** Opening Data for this exercise block **

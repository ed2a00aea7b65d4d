// Document 002's tables: a row of twelve numbers for each body, the numbers of the further terms that M has by Table 2, and the
// interval of dates that each fit covers.
#![tactic(auto)]

ghost use Rattle.std.specs.Prelude.{◌≡◌, pos, Ok, Err, MatchResult};
ghost use Rattle.integers.specs.Range.{Within};
ghost use Rattle.tables.specs.Table.{is_table, is_body, table_row, table_terms, interval_of, OnTable, moment_after};
ghost use Rattle.tables.specs.Bodies.{body_number, body_of};

use dates::{Date, Interval};
use refusals::Refusal;

mod table1;
mod table2;

// The table of a call that names none.
pub const DEFAULT_TABLE: i64 = 1;

// The nine bodies. Body 3 is the Earth-Moon barycentre.
#[derive(Clone, Copy, Debug, PartialEq, Eq)]
pub enum Body {
    Mercury = 1,
    Venus = 2,
    Earth = 3,
    Mars = 4,
    Jupiter = 5,
    Saturn = 6,
    Uranus = 7,
    Neptune = 8,
    Pluto = 9,
}

impl TryFrom<i64> for Body {
    type Error = Refusal;

    ghost try_from_gives = { λ n body. body ≡ body_of n };

    // The body of a number, or refusal 3.
    fn try_from(number: i64) -> Result<Body, Refusal> {
        match number {
            1 => Ok(Body::Mercury),
            2 => Ok(Body::Venus),
            3 => Ok(Body::Earth),
            4 => Ok(Body::Mars),
            5 => Ok(Body::Jupiter),
            6 => Ok(Body::Saturn),
            7 => Ok(Body::Uranus),
            8 => Ok(Body::Neptune),
            9 => Ok(Body::Pluto),
            _ => Err(Refusal::NoSuchBody),
        }
    }
}

// A minute of the interval of a table that there is.
#[derive(Clone, Copy, Debug)]
pub struct Moment {
    pub table: i64,
    pub minute: i64,
    pub ghost on_table: { OnTable table minute },
}

// Whether there is a table of this number.
pub fn is_table(table: i64) -> bool
    ensures { result ≡ is_table table }
{
    integers::is_from_to(1, 2, table)
}

// Whether there is a body of this number.
pub fn is_body(body: i64) -> bool
    ensures { result ≡ is_body body }
{
    integers::is_from_to(1, 9, body)
}

// The row of a body in a table. One row is named in each case, since a constant is built again wherever it is named.
pub fn row_of(table: i64, body: Body) -> [i64; 12]
    ensures { result ≡ table_row table (body_number body) }
{
    if table == 1 {
        return row1_of(body);
    }
    row2_of(body)
}

// The row of a body in Table 1.
#[tactic(auto, unfolding(crate::specs::Table::table_row, crate::specs::Table::table1))]
fn row1_of(body: Body) -> [i64; 12]
    ensures { result ≡ table_row (pos 1) (body_number body) }
{
    match body {
        Body::Mercury => table1::MERCURY,
        Body::Venus => table1::VENUS,
        Body::Earth => table1::EM_BARY,
        Body::Mars => table1::MARS,
        Body::Jupiter => table1::JUPITER,
        Body::Saturn => table1::SATURN,
        Body::Uranus => table1::URANUS,
        Body::Neptune => table1::NEPTUNE,
        Body::Pluto => table1::PLUTO,
    }
}

// The row of a body in Table 2.
#[tactic(auto, unfolding(crate::specs::Table::table_row, crate::specs::Table::table2))]
fn row2_of(body: Body) -> [i64; 12]
    ensures { result ≡ table_row (pos 2) (body_number body) }
{
    match body {
        Body::Mercury => table2::MERCURY,
        Body::Venus => table2::VENUS,
        Body::Earth => table2::EM_BARY,
        Body::Mars => table2::MARS,
        Body::Jupiter => table2::JUPITER,
        Body::Saturn => table2::SATURN,
        Body::Uranus => table2::URANUS,
        Body::Neptune => table2::NEPTUNE,
        Body::Pluto => table2::PLUTO,
    }
}

// Table 2's b, c, s and f of a body: Mercury to Mars have none.
#[tactic(auto, unfolding(crate::specs::Table::table_terms, crate::specs::Table::terms2))]
fn terms2_of(body: Body) -> [i64; 4]
    ensures { result ≡ table_terms (pos 2) (body_number body) }
{
    match body {
        Body::Mercury | Body::Venus | Body::Earth | Body::Mars => [0, 0, 0, 0],
        Body::Jupiter => table2::JUPITER_TERMS,
        Body::Saturn => table2::SATURN_TERMS,
        Body::Uranus => table2::URANUS_TERMS,
        Body::Neptune => table2::NEPTUNE_TERMS,
        Body::Pluto => table2::PLUTO_TERMS,
    }
}

// The b, c, s and f of a body: Table 1 has none.
pub fn terms_of(table: i64, body: Body) -> [i64; 4]
    ensures { result ≡ table_terms table (body_number body) }
{
    if table == 1 {
        return [0, 0, 0, 0];
    }
    terms2_of(body)
}

// The interval of a table: JD 2378496.5 to JD 2469807.5, or JD 625673.5 to JD 2816787.5.
pub fn interval_of(table: i64) -> Interval
    ensures { result ≡ interval_of table }
{
    if table == 1 {
        return Interval {
            first: -105_189_840,
            last: 26_298_000,
        };
    }
    Interval {
        first: -2_629_254_960,
        last: 525_949_200,
    }
}

// The moment of a date and an offset in minutes by a table: refusal 1, then 11, then 2.
pub fn moment_after(date: Date, table: i64, offset: i64) -> Result<i64, Refusal>
    requires { Within 10000000000000 offset }
    ensures { result ≡ moment_after date table offset }
{
    let minute = dates::minute_of(date);
    if is_table(table) {
        return dates::moment_at(interval_of(table), minute, offset);
    }
    match minute {
        None => Err(Refusal::NotFinite),
        Some(_) => Err(Refusal::NoSuchTable),
    }
}

// The same as a moment of the table.
pub fn moment_on(date: Date, table: i64, offset: i64) -> Result<Moment, Refusal>
    requires { Within 10000000000000 offset }
    ensures { MatchResult result
        (λ moment. (moment.table ≡ table) × (moment_after date table offset ≡ Ok moment.minute))
        (λ refusal. moment_after date table offset ≡ Err refusal) }
{
    let minute = moment_after(date, table, offset)?;
    Ok(Moment { table, minute })
}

** Closing Data for this exercise block **

#### Exercise directions
Look through the entries for lines containing the word "tactic" and return each one.

#### Output of the task
#![tactic(auto)]
#[tactic(auto, unfolding(crate::specs::Table::table_row, crate::specs::Table::table1))]
#[tactic(auto, unfolding(crate::specs::Table::table_row, crate::specs::Table::table2))]
#[tactic(auto, unfolding(crate::specs::Table::table_terms, crate::specs::Table::terms2))]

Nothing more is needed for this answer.